WS08: Bisection and Newton’s method#

These exercises are indented to give you practice at using the material on numerical approximation and are intended to reinforce the material that was covered in lectures.

Please attempt the worksheet before your tutorial. Support is available in your tutorial or in the Class Team.

Partial solutions are available to check your understanding. Please create Issues and Pull requests with your solutions.

Part a (pen and paper warm up)#

1. Bisection method#

We first check that the solution of \(f(x) = x^3 - 2 = 0\) must sit in [0,2] because \(f(0)f(2) = -2 \times 6 <0\). Can you then apply three iterations of the Bisection method to this equation and narrow down this initial solution interval?

2. Newton’s method#

Apply three iterations of Newton’s method to \(f(x) = x^3 - 2 = 0\) starting from an initial guess \(x_0 = 2\).

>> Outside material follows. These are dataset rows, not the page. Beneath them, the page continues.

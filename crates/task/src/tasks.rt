//! A task: the tree, the policy, the programs, and the first processes with their descriptors.

use crate::grants::Grant;
use crate::nodes::TaskNode;
use crate::programs::NamedProgram;
use crate::starts::Start;
use std::marker::Model;

/// A task, valid by construction: its nodes are a tree within the limits, its up to 8 grants are of directories apart from
/// each other, its up to 8 programs are valid, names are words that are given once, and its 1 to 16 first processes have
/// descriptors on files, directories and sides of 32 socket pairs, each at a number of its own from 0 to 15. A clause sees the
/// plan of its parts. (own)
#[derive(Drop)]
pub struct Task {
    nodes: Vec<TaskNode>,
    grants: Vec<Grant>,
    programs: Vec<NamedProgram>,
    starts: Vec<Start>,
    further_rights: bool,
}

impl Model for Task {
    ghost use Rattle.std.specs.Prelude.{◌≡◌, true};
    ghost use Rattle.task.specs.Plans.{Plan, plan_in};
    ghost use Rattle.task.specs.Limits.{is_plan};

    ghost Value = { Plan };

    ghost use Rattle.task.specs.Views.{grants_of, nodes_of, programs_of, starts_of};

    ghost view = { λ t. plan_in t.further_rights (nodes_of t.nodes.items) (grants_of t.grants.items) (programs_of t.programs.items) (starts_of t.starts.items) };

    ghost invariant = { λ t. is_plan (plan_in t.further_rights (nodes_of t.nodes.items) (grants_of t.grants.items) (programs_of t.programs.items) (starts_of t.starts.items)) ≡ true };
}

impl Task {
    ghost use Rattle.std.specs.Prelude.{◌≡◌, true};
    ghost use Rattle.task.specs.Plans.{plan_in, program_name};
    ghost use Rattle.task.specs.Limits.{is_plan};
    ghost use Rattle.task.specs.Views.{grants_of, nodes_of, programs_of, starts_of};

    /// The task of these parts, which its caller knows to be valid.
    pub fn new(
        nodes: Vec<TaskNode>,
        grants: Vec<Grant>,
        programs: Vec<NamedProgram>,
        starts: Vec<Start>,
        further_rights: bool,
    ) -> Task
        requires { is_plan (plan_in further_rights (nodes_of nodes.items) (grants_of grants.items)
            (programs_of programs.items) (starts_of starts.items)) ≡ true }
        ensures { result ≡ plan_in further_rights (nodes_of nodes.items) (grants_of grants.items)
            (programs_of programs.items) (starts_of starts.items) }
    {
        Task {
            nodes,
            grants,
            programs,
            starts,
            further_rights,
        }
    }

    /// The nodes of the tree in the order of making, the root first.
    pub fn nodes(&self) -> &[TaskNode]
        ensures nodes { nodes_of result.now ≡ self.now.nodes }
        ensures valid { is_plan self.now ≡ true }
    {
        &self.nodes
    }

    /// The policy.
    pub fn grants(&self) -> &[Grant]
        ensures { grants_of result.now ≡ self.now.grants }
    {
        &self.grants
    }

    /// The programs, by their place in the task.
    pub fn programs(&self) -> &[NamedProgram]
        ensures programs { programs_of result.now ≡ self.now.programs }
        ensures valid { is_plan self.now ≡ true }
    {
        &self.programs
    }

    /// The name of a program, by its place in the task; no bytes for one that isn't there.
    pub fn program_name(&self, program: u8) -> &[u8]
        ensures { result.now ≡ program_name self.now program }
    {
        match self.programs.get(program as usize) {
            None => b"",
            Some(named) => named.name.as_bytes(),
        }
    }

    /// The first processes, by number.
    pub fn starts(&self) -> &[Start]
        ensures starts { starts_of result.now ≡ self.now.starts }
        ensures valid { is_plan self.now ≡ true }
    {
        &self.starts
    }

    /// Whether it asks for further rights: its descriptors and limits may name them, and its programs may `use` them.
    pub fn further_rights(&self) -> bool
        ensures { result ≡ self.now.wide }
    {
        self.further_rights
    }
}
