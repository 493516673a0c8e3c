//! Tasks: a file tree, a policy, programs and first processes as one value, and the world that it starts in.
#![tactic(auto)]

pub mod grants;
pub mod laws;
pub mod nodes;
pub mod policies;
pub mod programs;
pub mod starts;
pub mod tasks;

pub use grants::Grant;
pub use nodes::{TaskNode, node_begins, node_text};
pub use policies::{grant_holds, grant_lists, grant_named};
pub use programs::{NamedProgram, is_marked, none_marked};
pub use starts::{FirstDescriptor, FirstObject, Start};
pub use tasks::Task;
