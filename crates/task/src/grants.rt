//! Grants, of which a policy is a list.

use file_tree::Place;
use rights::Op;
use texts::Name;

/// A grant: the operations that are allowed on a directory and on everything beneath it. (own)
#[derive(Drop)]
pub struct Grant {
    pub name: Name,
    /// The directory's place.
    pub path: Place,
    pub operations: Vec<Op>,
}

Part b (code implementations and testing)#

2. Implement Bisection and Newton’s methods#

def newton(f, df, x0, tol):
    x = x0
    y = f(x)
    it = 0
    while abs(y) > tol:  # iterate until less than or eq tol
        """
        TODO: Newton's method
        """
        it = it + 1
        x = x - y / df(x)
        y = f(x)

    return x, it


def bisection(f, x0, x1, tol):
    it = 0
    x = (x0 + x1) / 2.0
    xL = x0
    xR = x1

    y = f(x)
    yL = f(xL)
    yR = f(xR)
    while abs(y) > tol:
        """
        TODO: Bisection method
        """
        if y * yL < 0:
            xR = x
            yR = y
        elif y * yR < 0:
            xL = x
            yL = y
        x = (xL + xR) / 2
        y = f(x)
        it += 1

    return x, it

3. Test your implementation#

def f(t):
    return t * t * t - 2.0


def df(t):
    return 3.0 * t * t


x, it = newton(f, df, 2.0, 1.0e-6)
print(f"Newton's method: {x} after {it} iterations")

x, it = bisection(f, 0.0, 2.0, 1.0e-6)
print(f"Bisection method: {x} after {it} iterations")

Part c: Extension#

In which cases, Newton’s method could fail, and what’s your corresponding strategies to save it?